> DATA SUPPLIED

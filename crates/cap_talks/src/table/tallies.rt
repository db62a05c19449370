//! What is counted of packets, besides what is reported of files.
ghost use Rattle.std.specs.Prelude.{◌≡◌, ℕ, true, false, ◌+◌, ◌++◌, IsOkUnless, max, ◌≤◌, ◌<◌, ◌^◌, List, []};
ghost use Rattle.std.specs.Prelude.{◌∷◌, length, IsTrue, IsSome, OnOk, OnErr, IfOk, IfErr, Option, Some, None};
ghost use Rattle.std.specs.Prelude.{Err, Ok, if◌then◌else◌, slice_get};
ghost use Rattle.cap_bytes.specs.Device.{WriterKeeps, writer_of};
ghost use Rattle.cap_bytes.specs.Printing.{Prints, is_write};
ghost use Rattle.cap_join.specs.Fragments.{piece_of};
ghost use Rattle.cap_join.specs.Joiners.{most_bytes};
ghost use Rattle.cap_class.specs.Ipv6.{read_in};
ghost use Rattle.cap_class.specs.Runs.{taken_of};
ghost use Rattle.cap_ipv6.specs.Seen.{packet_seen};
ghost use Rattle.cap_talks.specs.inner.table.Looking.{is_plain_for};
ghost use Rattle.cap_print.specs.Facts.{line_in};
ghost use Rattle.cap_talks.specs.table.TakenText.{frames_facts_for, joined_facts};
ghost use Rattle.cap_class.specs.Taken.{Taken, datagram, fragment, classify, plain, stamped_of};
ghost use Rattle.cap_talks.specs.inner.table.Tallies.{TallyStands, LimitBy, one_if_waiting, tally_text_in};
ghost use Rattle.cap_talks.specs.inner.table.Tallies.{counted_one, waiting_bytes};
ghost use Rattle.cap_talks.specs.inner.table.Tallies.{Looks};
ghost use Rattle.cap_talks.specs.inner.table.Tallies.{WaitsIf};
ghost use Rattle.cap_source.specs.Times.{meta_time};
ghost use Rattle.cap_talks.specs.declared.table.conversations.ConversationsFault.TheVariants.{Memory};
ghost use Rattle.cap_talks.specs.inner.table.Ranked.{Shows};
ghost use Rattle.cap_talks.specs.table.Conversations.{Conversation};
ghost use Rattle.cap_talks.specs.table.CountedUnits.{is_limit_for};
ghost use Rattle.cap_talks.specs.table.TopRows.{shown_rows};

use crate::table::adding::{add_ipv4, add_unit, ipv6_unit, joined_unit, whole_unit};
use crate::table::conversations::{Conversations, ConversationsFault};
use crate::table::report_lines::{frames_line, joined_line};
use crate::table::rows::{TalkKey, TalkRow};
use crate::table::talk_lines::put_talks;
use crate::table::top::{Ranked, shown_of};
use cap_bytes::{Fault, Sink, put_all};
use cap_class::{
    Class, ClassCounts, Classified, NO_PACKETS, class_of, classify, count_frames, ipv6_class,
    joined_class, read_ipv6, stamped_of, with_frames, with_group,
};
use cap_ip::{Header, transport};
use cap_ipv6::Ipv6Packet;
use cap_join::{Datagram, Joiner, Put, Stamped};
use cap_merge::RunPacket;
use cap_print::Form;
use cap_time::Stamp;
use std::alloc::Global;
use std::cmp::max;
use std::marker::Model;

> WHAT TO WORK ON
Lines in the material above that include the string "inner" should be listed.

> RESPONSE
ghost use Rattle.cap_talks.specs.inner.table.Looking.{is_plain_for};
ghost use Rattle.cap_talks.specs.inner.table.Tallies.{TallyStands, LimitBy, one_if_waiting, tally_text_in};
ghost use Rattle.cap_talks.specs.inner.table.Tallies.{counted_one, waiting_bytes};
ghost use Rattle.cap_talks.specs.inner.table.Tallies.{Looks};
ghost use Rattle.cap_talks.specs.inner.table.Tallies.{WaitsIf};
ghost use Rattle.cap_talks.specs.inner.table.Ranked.{Shows};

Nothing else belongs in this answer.